D —Yo me pongo del lado de la lucha.
P —… Del lado de la lucha, hablando de la debilidad
del alma humana… En vez de confiscar
la libertad, Cristo la aumentó, condenando al
hombre al tormento perpetuo, al infierno en la
tierra… y este es el amor que usted le tiene a sus
lectores, si no estoy divagando demasiado…

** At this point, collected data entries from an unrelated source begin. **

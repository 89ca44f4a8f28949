//! A source that a failover has replaced, and that is back with no slots and with its mark.
ghost use Rattle.std.specs.Prelude.{◌≡◌, IfOk, length};

use crate::phases::{lines_of, view};
use crate::servers::book;
use cluster_views::{SurveyFault, Surveyed, survey_of};
use listed_nodes::NodeLines;
use std::alloc::Global;
use std::test::Fail;

/// What n0, n1 and n2 answer to CLUSTER NODES once n2 has replaced n0, from which slot 24 went to n1.
const SOURCE: &[u8] = b"\
        aaaaaaaaaaaaaaaaaaaaaaaaaaaaaaaaaaaaaaaa 127.0.0.1:7000@17000 myself,master - 0 0 1 connected \
        [24->-bbbbbbbbbbbbbbbbbbbbbbbbbbbbbbbbbbbbbbbb]\n\
        bbbbbbbbbbbbbbbbbbbbbbbbbbbbbbbbbbbbbbbb 127.0.0.1:7001@17001 master - 0 0 2 connected 5461-16383\n\
        cccccccccccccccccccccccccccccccccccccccc 127.0.0.1:7002@17002 master - 0 0 3 connected 0-5460\n";

const TARGET: &[u8] = b"\
        aaaaaaaaaaaaaaaaaaaaaaaaaaaaaaaaaaaaaaaa 127.0.0.1:7000@17000 master - 0 0 1 connected\n\
        bbbbbbbbbbbbbbbbbbbbbbbbbbbbbbbbbbbbbbbb 127.0.0.1:7001@17001 myself,master - 0 0 2 connected \
        5461-16383 [24-<-aaaaaaaaaaaaaaaaaaaaaaaaaaaaaaaaaaaaaaaa]\n\
        cccccccccccccccccccccccccccccccccccccccc 127.0.0.1:7002@17002 master - 0 0 3 connected 0-5460\n";

const SUCCESSOR: &[u8] = b"\
        aaaaaaaaaaaaaaaaaaaaaaaaaaaaaaaaaaaaaaaa 127.0.0.1:7000@17000 master - 0 0 1 connected\n\
        bbbbbbbbbbbbbbbbbbbbbbbbbbbbbbbbbbbbbbbb 127.0.0.1:7001@17001 master - 0 0 2 connected 5461-16383\n\
        cccccccccccccccccccccccccccccccccccccccc 127.0.0.1:7002@17002 myself,master - 0 0 3 connected 0-5460\n";

const LINE: &[u8] = b"\
        n0 has no slots and a mark of slot 24: CLUSTER SETSLOT 24 STABLE at n0, \
        then CLUSTER REPLICATE with n2's ID if n2 has replaced it, and survey again\n";

/// The views of n0, n1 and n2.
fn views(alloc: Global) -> Result<Vec<NodeLines>, SurveyFault>
    ensures { IfOk result (λ v. length v.items ≡ 3) }
{
    let source = view(alloc, SOURCE)?;
    let target = view(alloc, TARGET)?;
    let successor = view(alloc, SUCCESSOR)?;
    match vec![in alloc; source, target, successor] {
        Ok(views) => Ok(views),
        Err(_) => Err(SurveyFault::Memory),
    }
}

#[test]
fn a_replaced_source_is_told(rt: HostRuntime) -> Result<(), Fail> {
    let alloc = rt.alloc();
    let book = book(alloc)?;
    let views = views(alloc)?;
    let Surveyed { survey, epochs } = survey_of(alloc, &book, views.as_slice())?;
    drop(epochs);
    let lines = lines_of(alloc, &survey)?;
    assert!(rt; lines.as_slice() == LINE);
    Ok(())
}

D —Usted es incapaz de razonar fuera de la
metáfora.
P —No, no, permítame volver a la conversación
con Albertine, porque, sin quererlo o sin
tener plena consciencia, toqué un punto esencial
de su visión del mundo, que ahora, justamente,
usted me hizo ver.
D —Lo escucho.
P —Le decía a Albertine que “yo conozco muy
pocos libros suyos, pero ¿no es un motivo escultórico
y simple, digno del arte más antiguo,
un friso interrumpido y luego continuado en
el que se representan la venganza y la expiación,
el crimen del padre de los Karamázov
dejando embarazada a la pobre loca, el movimiento
misterioso, animal, inexplicable, con el
que la madre, involuntario instrumento de las
venganzas del destino, obedeciendo tan oscuramente
a su instinto de madre, quizá a una
mezcla de resentimiento y de gratitud física
por el violador, va a dar a luz en casa del padre
de los Karamázov?”. ¿Me entiende, ahora?
La venganza y la expiación… Milagro y libertad
no están en conflicto; son caminos del mismo
destino.
Dostoievski lo mira con desdén.
P —No, no me estoy apartando de su obra, mi
estimado colega, al contrario… Cuando escribo
que “casi únicamente el sadismo puede servir
de fundamento en la vida a la estética del
melodrama”, la forma, lo reconozco, es la mía,
pero, la sustancia… ¿no la encuentra, usted, en
sus novelas?
D —El peor enemigo de la libertad es la busca
de la felicidad; y bien se le llame sadismo o melodrama,
las revoluciones, en su país como en
el mío, han abanderado la primera para buscar
a la segunda, matando a las dos de un solo tiro.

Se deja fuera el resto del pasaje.